## TASK DETAILS
Copy word for word the lines from the start of the records through the line that contains "const NONE: Counts = Counts([0; 8]);", both included.

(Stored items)
--------
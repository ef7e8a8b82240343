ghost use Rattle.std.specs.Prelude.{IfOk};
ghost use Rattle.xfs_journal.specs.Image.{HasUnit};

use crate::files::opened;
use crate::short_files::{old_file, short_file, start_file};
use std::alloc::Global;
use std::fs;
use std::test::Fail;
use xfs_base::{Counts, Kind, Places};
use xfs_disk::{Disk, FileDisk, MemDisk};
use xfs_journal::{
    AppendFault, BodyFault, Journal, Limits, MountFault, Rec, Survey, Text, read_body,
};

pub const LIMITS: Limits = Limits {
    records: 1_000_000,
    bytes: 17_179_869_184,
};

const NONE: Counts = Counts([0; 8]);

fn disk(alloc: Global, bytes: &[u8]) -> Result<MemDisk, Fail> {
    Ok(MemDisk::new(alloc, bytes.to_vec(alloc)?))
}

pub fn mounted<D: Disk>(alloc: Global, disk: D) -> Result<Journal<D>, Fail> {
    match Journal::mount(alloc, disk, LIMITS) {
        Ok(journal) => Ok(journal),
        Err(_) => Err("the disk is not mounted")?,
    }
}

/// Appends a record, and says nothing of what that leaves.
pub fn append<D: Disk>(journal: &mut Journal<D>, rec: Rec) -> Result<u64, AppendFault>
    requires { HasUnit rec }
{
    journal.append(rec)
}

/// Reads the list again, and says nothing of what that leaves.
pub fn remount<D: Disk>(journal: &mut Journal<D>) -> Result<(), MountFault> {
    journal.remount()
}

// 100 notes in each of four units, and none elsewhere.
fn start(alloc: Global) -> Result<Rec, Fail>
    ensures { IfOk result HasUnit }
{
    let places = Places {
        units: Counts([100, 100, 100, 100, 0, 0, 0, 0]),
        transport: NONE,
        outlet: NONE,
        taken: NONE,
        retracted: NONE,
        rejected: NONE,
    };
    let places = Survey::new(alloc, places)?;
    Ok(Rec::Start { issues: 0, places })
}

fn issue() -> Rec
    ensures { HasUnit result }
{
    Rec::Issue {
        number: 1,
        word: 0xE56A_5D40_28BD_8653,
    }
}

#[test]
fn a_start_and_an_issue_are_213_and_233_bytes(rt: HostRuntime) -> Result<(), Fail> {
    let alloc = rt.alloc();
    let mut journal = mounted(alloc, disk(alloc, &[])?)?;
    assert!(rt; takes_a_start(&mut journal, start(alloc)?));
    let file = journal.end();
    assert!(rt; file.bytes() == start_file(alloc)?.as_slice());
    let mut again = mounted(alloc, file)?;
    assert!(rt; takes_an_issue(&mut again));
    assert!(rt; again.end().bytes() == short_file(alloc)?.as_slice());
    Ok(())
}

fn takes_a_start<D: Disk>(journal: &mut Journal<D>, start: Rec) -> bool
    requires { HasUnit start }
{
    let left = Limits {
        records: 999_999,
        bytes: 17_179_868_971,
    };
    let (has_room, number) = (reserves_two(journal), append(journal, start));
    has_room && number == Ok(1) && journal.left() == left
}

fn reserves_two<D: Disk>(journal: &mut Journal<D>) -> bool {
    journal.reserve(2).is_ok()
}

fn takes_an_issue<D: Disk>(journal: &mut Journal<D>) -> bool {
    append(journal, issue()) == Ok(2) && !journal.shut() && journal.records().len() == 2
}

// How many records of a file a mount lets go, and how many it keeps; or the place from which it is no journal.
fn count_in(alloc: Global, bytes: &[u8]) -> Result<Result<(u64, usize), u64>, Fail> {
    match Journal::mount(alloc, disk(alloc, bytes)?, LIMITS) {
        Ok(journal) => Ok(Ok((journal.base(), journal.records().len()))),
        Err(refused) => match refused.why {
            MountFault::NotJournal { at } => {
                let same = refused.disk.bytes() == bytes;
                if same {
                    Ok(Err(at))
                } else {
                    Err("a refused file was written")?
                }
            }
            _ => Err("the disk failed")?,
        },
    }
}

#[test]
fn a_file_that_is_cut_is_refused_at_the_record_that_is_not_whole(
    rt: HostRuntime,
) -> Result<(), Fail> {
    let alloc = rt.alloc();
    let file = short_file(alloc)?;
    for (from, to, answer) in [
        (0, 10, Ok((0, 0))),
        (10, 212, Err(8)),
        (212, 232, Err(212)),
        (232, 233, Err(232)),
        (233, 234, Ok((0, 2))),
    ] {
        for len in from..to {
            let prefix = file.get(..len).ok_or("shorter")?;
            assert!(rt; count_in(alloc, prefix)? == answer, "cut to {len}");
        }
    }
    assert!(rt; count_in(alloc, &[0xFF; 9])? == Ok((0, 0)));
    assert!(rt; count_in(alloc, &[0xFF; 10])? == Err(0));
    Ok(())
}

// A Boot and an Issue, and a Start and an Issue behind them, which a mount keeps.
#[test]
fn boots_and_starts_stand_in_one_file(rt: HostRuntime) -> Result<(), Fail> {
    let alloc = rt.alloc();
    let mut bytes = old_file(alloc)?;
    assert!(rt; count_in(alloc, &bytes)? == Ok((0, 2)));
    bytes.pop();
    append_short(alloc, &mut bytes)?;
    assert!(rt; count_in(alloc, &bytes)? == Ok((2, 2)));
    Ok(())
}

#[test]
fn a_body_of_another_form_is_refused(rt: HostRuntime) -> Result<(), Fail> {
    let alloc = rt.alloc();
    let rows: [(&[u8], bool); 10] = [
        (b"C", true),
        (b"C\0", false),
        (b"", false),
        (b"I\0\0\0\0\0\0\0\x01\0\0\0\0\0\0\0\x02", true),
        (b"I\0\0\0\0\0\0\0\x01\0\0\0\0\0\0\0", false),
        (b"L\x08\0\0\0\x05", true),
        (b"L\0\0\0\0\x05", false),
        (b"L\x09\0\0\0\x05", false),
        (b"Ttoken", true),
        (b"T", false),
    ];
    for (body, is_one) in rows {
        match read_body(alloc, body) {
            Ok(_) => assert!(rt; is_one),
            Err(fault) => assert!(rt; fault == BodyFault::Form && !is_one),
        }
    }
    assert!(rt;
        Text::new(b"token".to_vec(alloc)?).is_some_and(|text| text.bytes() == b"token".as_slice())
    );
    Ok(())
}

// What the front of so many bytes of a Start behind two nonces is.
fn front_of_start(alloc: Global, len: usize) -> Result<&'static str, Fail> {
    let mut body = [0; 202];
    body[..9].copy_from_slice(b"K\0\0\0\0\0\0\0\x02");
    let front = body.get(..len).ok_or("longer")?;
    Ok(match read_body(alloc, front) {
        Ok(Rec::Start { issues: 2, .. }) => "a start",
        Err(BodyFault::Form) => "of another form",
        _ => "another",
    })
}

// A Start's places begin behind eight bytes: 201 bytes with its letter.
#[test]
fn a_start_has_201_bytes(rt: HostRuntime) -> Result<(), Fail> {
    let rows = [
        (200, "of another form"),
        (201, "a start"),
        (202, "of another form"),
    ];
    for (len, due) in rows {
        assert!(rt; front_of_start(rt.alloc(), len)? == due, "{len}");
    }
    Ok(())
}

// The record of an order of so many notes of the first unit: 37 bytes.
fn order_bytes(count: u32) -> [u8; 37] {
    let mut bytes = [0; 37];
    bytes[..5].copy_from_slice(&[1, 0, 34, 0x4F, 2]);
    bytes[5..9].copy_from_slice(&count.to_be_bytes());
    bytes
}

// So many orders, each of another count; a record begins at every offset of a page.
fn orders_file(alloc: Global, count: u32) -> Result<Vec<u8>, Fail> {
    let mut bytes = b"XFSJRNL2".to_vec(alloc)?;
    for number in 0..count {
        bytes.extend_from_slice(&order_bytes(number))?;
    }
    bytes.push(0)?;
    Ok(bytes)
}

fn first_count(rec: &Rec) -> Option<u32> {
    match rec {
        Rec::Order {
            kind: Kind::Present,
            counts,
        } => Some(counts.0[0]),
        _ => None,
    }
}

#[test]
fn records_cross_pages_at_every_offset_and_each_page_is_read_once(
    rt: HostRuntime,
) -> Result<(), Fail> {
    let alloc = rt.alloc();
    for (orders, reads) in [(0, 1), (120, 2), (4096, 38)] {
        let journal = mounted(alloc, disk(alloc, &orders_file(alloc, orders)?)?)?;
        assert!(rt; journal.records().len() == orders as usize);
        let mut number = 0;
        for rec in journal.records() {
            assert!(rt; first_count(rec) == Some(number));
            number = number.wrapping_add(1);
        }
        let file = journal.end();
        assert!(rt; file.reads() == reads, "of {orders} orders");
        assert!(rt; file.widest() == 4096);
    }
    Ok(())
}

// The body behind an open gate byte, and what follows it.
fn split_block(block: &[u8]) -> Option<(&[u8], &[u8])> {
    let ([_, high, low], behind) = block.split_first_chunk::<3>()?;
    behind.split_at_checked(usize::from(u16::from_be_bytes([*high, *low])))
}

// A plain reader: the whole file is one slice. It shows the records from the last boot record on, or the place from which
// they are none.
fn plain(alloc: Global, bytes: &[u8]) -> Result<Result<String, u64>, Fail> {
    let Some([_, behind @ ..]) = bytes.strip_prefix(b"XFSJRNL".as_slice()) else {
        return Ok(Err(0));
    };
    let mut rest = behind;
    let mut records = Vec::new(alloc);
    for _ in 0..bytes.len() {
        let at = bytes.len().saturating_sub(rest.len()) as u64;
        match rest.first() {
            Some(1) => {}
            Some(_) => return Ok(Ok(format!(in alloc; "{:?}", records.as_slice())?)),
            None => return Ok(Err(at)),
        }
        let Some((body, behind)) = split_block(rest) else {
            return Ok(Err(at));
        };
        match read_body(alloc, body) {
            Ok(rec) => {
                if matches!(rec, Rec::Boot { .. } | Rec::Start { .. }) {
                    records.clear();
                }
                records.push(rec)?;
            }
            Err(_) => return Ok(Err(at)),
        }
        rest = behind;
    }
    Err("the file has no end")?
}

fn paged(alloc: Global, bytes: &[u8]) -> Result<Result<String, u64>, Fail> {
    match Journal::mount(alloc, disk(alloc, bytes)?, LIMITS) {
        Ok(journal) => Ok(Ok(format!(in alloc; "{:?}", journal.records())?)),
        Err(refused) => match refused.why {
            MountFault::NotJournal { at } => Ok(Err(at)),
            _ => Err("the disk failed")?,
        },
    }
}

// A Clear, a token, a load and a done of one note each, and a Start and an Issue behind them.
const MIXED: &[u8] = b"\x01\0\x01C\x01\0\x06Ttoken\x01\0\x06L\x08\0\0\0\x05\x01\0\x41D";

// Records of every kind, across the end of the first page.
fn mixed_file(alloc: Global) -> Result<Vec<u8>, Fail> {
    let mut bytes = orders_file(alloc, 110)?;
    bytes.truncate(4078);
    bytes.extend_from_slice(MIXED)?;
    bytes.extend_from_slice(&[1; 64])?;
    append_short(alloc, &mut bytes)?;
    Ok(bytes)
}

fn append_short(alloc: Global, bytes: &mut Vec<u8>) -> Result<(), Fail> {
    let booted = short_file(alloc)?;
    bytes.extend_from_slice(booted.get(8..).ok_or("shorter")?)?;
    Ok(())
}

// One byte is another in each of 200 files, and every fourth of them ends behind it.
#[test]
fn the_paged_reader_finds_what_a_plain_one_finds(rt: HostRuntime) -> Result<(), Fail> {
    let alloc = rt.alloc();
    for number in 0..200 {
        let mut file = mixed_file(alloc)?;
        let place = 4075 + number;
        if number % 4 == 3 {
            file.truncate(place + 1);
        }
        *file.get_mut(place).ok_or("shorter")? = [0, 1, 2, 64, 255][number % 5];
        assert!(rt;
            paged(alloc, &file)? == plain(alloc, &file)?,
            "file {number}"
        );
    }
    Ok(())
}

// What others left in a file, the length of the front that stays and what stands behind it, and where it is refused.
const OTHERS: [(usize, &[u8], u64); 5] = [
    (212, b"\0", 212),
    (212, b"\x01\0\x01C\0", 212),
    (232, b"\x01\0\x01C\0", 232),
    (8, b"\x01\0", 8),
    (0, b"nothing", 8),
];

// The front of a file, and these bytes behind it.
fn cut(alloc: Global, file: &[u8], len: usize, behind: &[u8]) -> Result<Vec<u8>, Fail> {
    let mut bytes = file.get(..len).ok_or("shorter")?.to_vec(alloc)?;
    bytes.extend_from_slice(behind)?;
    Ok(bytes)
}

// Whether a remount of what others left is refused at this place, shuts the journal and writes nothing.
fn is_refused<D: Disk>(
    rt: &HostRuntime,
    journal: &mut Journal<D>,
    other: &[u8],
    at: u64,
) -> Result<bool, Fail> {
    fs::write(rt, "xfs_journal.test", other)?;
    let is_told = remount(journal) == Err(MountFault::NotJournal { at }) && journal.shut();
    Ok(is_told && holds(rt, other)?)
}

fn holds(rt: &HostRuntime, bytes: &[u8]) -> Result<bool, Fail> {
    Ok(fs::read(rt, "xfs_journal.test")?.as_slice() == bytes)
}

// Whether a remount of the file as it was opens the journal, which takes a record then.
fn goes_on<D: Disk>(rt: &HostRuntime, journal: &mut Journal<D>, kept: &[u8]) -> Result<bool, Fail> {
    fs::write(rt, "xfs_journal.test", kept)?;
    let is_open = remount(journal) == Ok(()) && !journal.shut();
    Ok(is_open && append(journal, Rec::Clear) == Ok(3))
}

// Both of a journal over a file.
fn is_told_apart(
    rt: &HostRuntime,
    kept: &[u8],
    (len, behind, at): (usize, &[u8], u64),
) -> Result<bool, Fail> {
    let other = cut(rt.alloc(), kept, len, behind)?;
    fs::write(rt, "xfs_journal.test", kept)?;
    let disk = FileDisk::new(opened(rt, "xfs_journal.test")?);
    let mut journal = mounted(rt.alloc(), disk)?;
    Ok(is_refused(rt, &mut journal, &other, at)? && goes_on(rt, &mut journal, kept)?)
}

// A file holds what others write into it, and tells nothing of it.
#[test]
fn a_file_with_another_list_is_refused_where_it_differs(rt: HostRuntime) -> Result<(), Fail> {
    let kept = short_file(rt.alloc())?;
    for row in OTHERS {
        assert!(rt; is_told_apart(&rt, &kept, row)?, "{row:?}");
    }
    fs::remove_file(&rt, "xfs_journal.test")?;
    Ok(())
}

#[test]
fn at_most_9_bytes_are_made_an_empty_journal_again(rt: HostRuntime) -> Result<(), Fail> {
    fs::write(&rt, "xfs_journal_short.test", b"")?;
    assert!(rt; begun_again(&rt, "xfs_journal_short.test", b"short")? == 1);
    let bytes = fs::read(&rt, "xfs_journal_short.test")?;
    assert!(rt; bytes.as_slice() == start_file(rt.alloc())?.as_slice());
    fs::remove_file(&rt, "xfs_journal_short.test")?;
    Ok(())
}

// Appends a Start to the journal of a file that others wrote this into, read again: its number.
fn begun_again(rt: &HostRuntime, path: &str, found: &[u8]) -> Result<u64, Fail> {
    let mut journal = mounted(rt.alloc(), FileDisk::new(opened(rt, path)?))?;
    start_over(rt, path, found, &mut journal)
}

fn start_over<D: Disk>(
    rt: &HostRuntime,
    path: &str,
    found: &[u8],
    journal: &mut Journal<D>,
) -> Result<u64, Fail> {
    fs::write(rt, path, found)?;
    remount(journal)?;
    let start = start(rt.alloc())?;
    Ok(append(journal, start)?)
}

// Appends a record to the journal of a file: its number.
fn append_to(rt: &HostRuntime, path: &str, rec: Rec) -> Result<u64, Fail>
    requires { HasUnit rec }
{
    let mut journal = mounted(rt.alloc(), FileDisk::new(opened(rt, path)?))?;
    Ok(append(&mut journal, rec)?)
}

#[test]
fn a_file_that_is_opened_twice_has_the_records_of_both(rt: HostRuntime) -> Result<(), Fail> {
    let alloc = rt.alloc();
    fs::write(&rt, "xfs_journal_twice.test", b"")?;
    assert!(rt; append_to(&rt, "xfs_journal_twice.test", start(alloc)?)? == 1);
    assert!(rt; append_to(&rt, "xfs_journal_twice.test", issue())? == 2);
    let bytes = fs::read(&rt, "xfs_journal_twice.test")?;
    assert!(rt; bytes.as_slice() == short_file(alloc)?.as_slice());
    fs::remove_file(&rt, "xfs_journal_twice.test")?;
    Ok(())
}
--------
## RESPONSE AREA
repository ef7e8a8b82240343
ghost use Rattle.std.specs.Prelude.{IfOk};
ghost use Rattle.xfs_journal.specs.Image.{HasUnit};

use crate::files::opened;
use crate::short_files::{old_file, short_file, start_file};
use std::alloc::Global;
use std::fs;
use std::test::Fail;
use xfs_base::{Counts, Kind, Places};
use xfs_disk::{Disk, FileDisk, MemDisk};
use xfs_journal::{
    AppendFault, BodyFault, Journal, Limits, MountFault, Rec, Survey, Text, read_body,
};

pub const LIMITS: Limits = Limits {
    records: 1_000_000,
    bytes: 17_179_869_184,
};

const NONE: Counts = Counts([0; 8]);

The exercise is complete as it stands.